Le cronache dei mesi scorsi ci hanno abituati a definire "furbetti del cartellino" i lavoratori che tengono un comportamento scorretto nei confronti del datore di lavoro, attestando la presenza sul luogo di lavoro tramite timbratura, alla quale non fa però seguito l'effettivo svolgimento delle mansioni assegnate. Dopo il clamore suscitato da alcuni casi specifici, il Governo è intervenuto direttamente con un decreto che consente il licenziamento rapido dei dipendenti della pubblica amministrazione accusati di aver attestato una falsa presenza; in termini semplici chiunque verrà sorpreso a timbrare il cartellino senza presentarsi poi al lavoro, potrà essere licenziato senza preavviso. Il licenziamento, nel caso di effettivo riscontro del comportamento scorretto del dipendente, potrà avvenire anche in 48 ore, senza cioè attendere i tempi di verifica previsti in precedenza. È bene precisare che il licenziamento veloce potrà essere effettuato solo nel caso in cui il comportamento scorretto del dipendente sia verificabile senza ombra di dubbio, come ad esempio nel caso di presenza di sistemi di rilevazione in automatico delle presenze o tramite i sistemi di sorveglianza.

I comportamenti scorretti che portano al licenziamento

La falsa attestazione della presenza in servizio, non riguarda solo coloro che verranno sorpresi a timbrare ed assentarsi del tutto dal luogo di lavoro. Infatti questo tipo di licenziamento rapido potrà essere applicato anche a coloro che attestano un falso in generale, come ad esempio certificando un maggiore numero di ore lavorate rispetto a quelle effettivamente svolte. Anche in questo caso comunque l'illecito da parte del dipendente pubblico dovrà essere accertato tramite i sistemi di rilevazione citati in precedenza; in assenza di un sistema di sorveglianza o di rilevazione delle presenze automatico, non sarà quindi possibile procedere al licenziamento, che dovrà quindi seguire il normale iter di allontanamento del lavoratore già previsto dalla normativa in vigore.

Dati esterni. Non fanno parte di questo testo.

//! Asks about runs.
use crate::flow::program;
use ac_asks::{Answer, list_at, text_at, told, whole, wholes};
use ac_run::{Cell, Event, Start, StartCell};
use ac_stepper::{Config, StartFault, StepFault, Stepped, begin_run};
use ac_tree::{Name, Program};
use serde_json::{Value, json};
use sqlite_items::Items;
use std::alloc::{AllocError, Global};

/// No start that is asked about has more entries.
const MOST_ENTRIES: usize = 1000000;

/// Steps next to each other that ended in the same way.
#[derive(Drop)]
struct Stretch {
    word: &'static str,
    steps: u64,
}

/// What the steps of a run came to: how they ended, and the events of each, up to the last that had any.
#[derive(Drop)]
struct Story {
    stretches: Vec<Stretch>,
    events: Vec<Value>,
    silent: u64,
}

/// `{"fit":K}`, or how the steps ended and the events that each of them added.
pub fn run(alloc: Global, ask: &Value) -> Answer {
    let (Some(text), Some(entries), Some(steps)) = (
        text_at(ask, "program"),
        list_at(ask, "start"),
        steps_of(ask),
    ) else {
        return Ok(None);
    };
    let Some(program) = program(alloc, text)? else {
        return Ok(None)
    };
    let answer = run_with(alloc, &program, entries, steps);
    drop(program);
    answer
}

/// The run of a program from the start with these entries.
fn run_with(alloc: Global, program: &Program, entries: &[Value], steps: u64) -> Answer {
    let Some(start) = start_of(alloc, entries)? else {
        return Ok(None)
    };
    let answer = run_from(alloc, program, &start, steps);
    drop(start);
    answer
}

fn run_from(alloc: Global, program: &Program, start: &Start, steps: u64) -> Answer {
    if start.cells.len() > MOST_ENTRIES {
        return Ok(None);
    }
    match begin_run(alloc, program, start) {
        Ok(mut config) => {
            let answer = ran(alloc, &mut config, steps);
            drop(config);
            answer
        }
        Err(StartFault::Fit { index }) => told(alloc, "fit", Value::from(index)),
        Err(StartFault::OutOfMemory) => Err(anyhow::Error::from(AllocError)),
    }
}

fn steps_of(ask: &Value) -> Option<u64> {
    ask.get("steps")?.as_u64()
}

fn start_of(alloc: Global, entries: &[Value]) -> Result<Option<Start>, AllocError> {
    let mut cells = Vec::new(alloc);
    for entry in entries.iter() {
        match entry_of(alloc, entry)? {
            Some(cell) => cells.push(cell)?,
            None => return Ok(None),
        }
    }
    Ok(Some(Start {
        cells: Items::from_vec(cells),
    }))
}

fn entry_of(alloc: Global, entry: &Value) -> Result<Option<StartCell>, AllocError> {
    let Some((name, values)) = name_and_values(entry) else {
        return Ok(None);
    };
    let Some(numbers) = numbers_of(alloc, values)? else {
        return Ok(None);
    };
    Ok(Some(StartCell {
        name: Name::new(alloc, name)?,
        numbers: Items::from_vec(numbers),
    }))
}

fn name_and_values(entry: &Value) -> Option<(&str, &[Value])> {
    match entry.as_array()?.as_slice() {
        [name, values] => Some((name.as_str()?, values.as_array()?.as_slice())),
        _ => None,
    }
}

fn numbers_of(alloc: Global, values: &[Value]) -> Result<Option<Vec<i128>>, AllocError> {
    let mut numbers = Vec::new(alloc);
    for value in values.iter() {
        match number_of(value) {
            Some(number) => numbers.push(number)?,
            None => return Ok(None),
        }
    }
    Ok(Some(numbers))
}

/// A number of 128 bits, beyond 64 bits as a text of its decimals.
fn number_of(value: &Value) -> Option<i128> {
    match value.as_str() {
        Some(text) => match text.parse::<i128>() {
            Ok(number) => Some(number),
            Err(_) => None,
        },
        None => Some(i128::from(value.as_i64()?)),
    }
}

fn ran(alloc: Global, config: &mut Config<'_>, steps: u64) -> Answer {
    let mut story = Story {
        stretches: Vec::new(alloc),
        events: Vec::new(alloc),
        silent: 0,
    };
    match tell(alloc, config, steps, &mut story) {
        Ok(()) => retold(alloc, story),
        Err(error) => {
            drop(story);
            Err(error)
        }
    }
}

fn retold(alloc: Global, story: Story) -> Answer {
    let Story {
        stretches,
        events,
        silent: _,
    } = story;
    let steps = stretch_values(alloc, stretches.as_slice())?;
    Ok(Some(json!(in alloc; {"steps": steps, "trace": events})?))
}

/// Makes the steps, and tells how each ended and what it added to the trace.
fn tell(
    alloc: Global,
    config: &mut Config<'_>,
    steps: u64,
    story: &mut Story,
) -> anyhow::Result<()> {
    for _ in 0..steps {
        let before = config.trace().len();
        let word = word_of(config.step())?;
        count(&mut story.stretches, word)?;
        add_events(alloc, story, config.trace(), before)?;
    }
    Ok(())
}

fn word_of(step: Result<Stepped, StepFault>) -> Result<&'static str, AllocError> {
    match step {
        Ok(Stepped::Went) => Ok("went"),
        Ok(Stepped::Halted) => Ok("halted"),
        Ok(Stepped::Ended) => Ok("ended"),
        Err(StepFault::Wide) => Ok("wide"),
        Err(StepFault::OutOfMemory) => Err(AllocError),
    }
}

fn count(stretches: &mut Vec<Stretch>, word: &'static str) -> Result<(), AllocError> {
    if let Some(last) = stretches.last_mut() {
        if last.word == word {
            last.steps = last.steps.saturating_add(1);
            return Ok(());
        }
    }
    stretches.push(Stretch { word, steps: 1 })?;
    Ok(())
}

/// Adds what a step added to the trace, behind an empty list for each silent step before it.
fn add_events(
    alloc: Global,
    story: &mut Story,
    trace: &[Event],
    before: usize,
) -> anyhow::Result<()> {
    if trace.len() <= before {
        story.silent = story.silent.saturating_add(1);
        return Ok(());
    }
    for _ in 0..story.silent {
        story.events.push(Value::Array(Vec::new(alloc)))?;
    }
    story.silent = 0;
    story.events.push(event_list(alloc, trace, before)?)?;
    Ok(())
}

fn event_list(alloc: Global, trace: &[Event], before: usize) -> anyhow::Result<Value> {
    let mut list = Vec::new(alloc);
    for event in trace.iter().skip(before) {
        list.push(event_value(alloc, event)?)?;
    }
    Ok(Value::Array(list))
}

fn event_value(alloc: Global, event: &Event) -> anyhow::Result<Value> {
    let mut list = Vec::new(alloc);
    match event {
        Event::Read(cell) => {
            add_word(alloc, &mut list, "read")?;
            add_cell(alloc, &mut list, cell)?;
        }
        Event::Write(cell, number) => {
            add_word(alloc, &mut list, "write")?;
            add_cell(alloc, &mut list, cell)?;
            list.push(whole(alloc, *number)?)?;
        }
        Event::Hand {
            name,
            role,
            contents,
        } => {
            add_word(alloc, &mut list, "hand")?;
            add_word(alloc, &mut list, name.text())?;
            add_word(alloc, &mut list, role.text())?;
            list.push(Value::Array(wholes(alloc, contents.as_slice())?))?;
        }
    }
    Ok(Value::Array(list))
}

fn add_word(alloc: Global, list: &mut Vec<Value>, word: &str) -> Result<(), AllocError> {
    list.push(Value::String(String::from_str(alloc, word)?))?;
    Ok(())
}

/// Adds the name of a cell and its two indexes.
fn add_cell(alloc: Global, list: &mut Vec<Value>, cell: &Cell) -> anyhow::Result<()> {
    add_word(alloc, list, cell.name.text())?;
    list.push(whole(alloc, cell.i)?)?;
    list.push(whole(alloc, cell.j)?)?;
    Ok(())
}

fn stretch_values(alloc: Global, stretches: &[Stretch]) -> Result<Vec<Value>, AllocError> {
    let mut list = Vec::new(alloc);
    for stretch in stretches.iter() {
        let (word, steps) = (stretch.word, stretch.steps);
        list.push(json!(in alloc; [word, steps])?)?;
    }
    Ok(list)
}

La procedura di licenziamento rapido dovrà necessariamente coinvolgere il dipendente interessato, che sarà convocato per difendere la propria posizione, entro 20 giorni dal licenziamento. Il licenziamento infine comporterà un’immediata sospensione della retribuzione del dipendente, ad esclusione del 50% dell'assegno alimentare previsto dalla busta paga.

vota  
Con l'inserimento dei miei dati dichiaro di aver preso visione ed accettato il Trattamento dei Dati
SULLO STESSO ARGOMENTO
Ok al licenziamento del cassiere che accetta metodi di pagamento non consentiti

del 27/12/2010

Per la sezione lavoro della Corte di Cassazione (sentenza n. 26108/2010) è legittimo il licenziament...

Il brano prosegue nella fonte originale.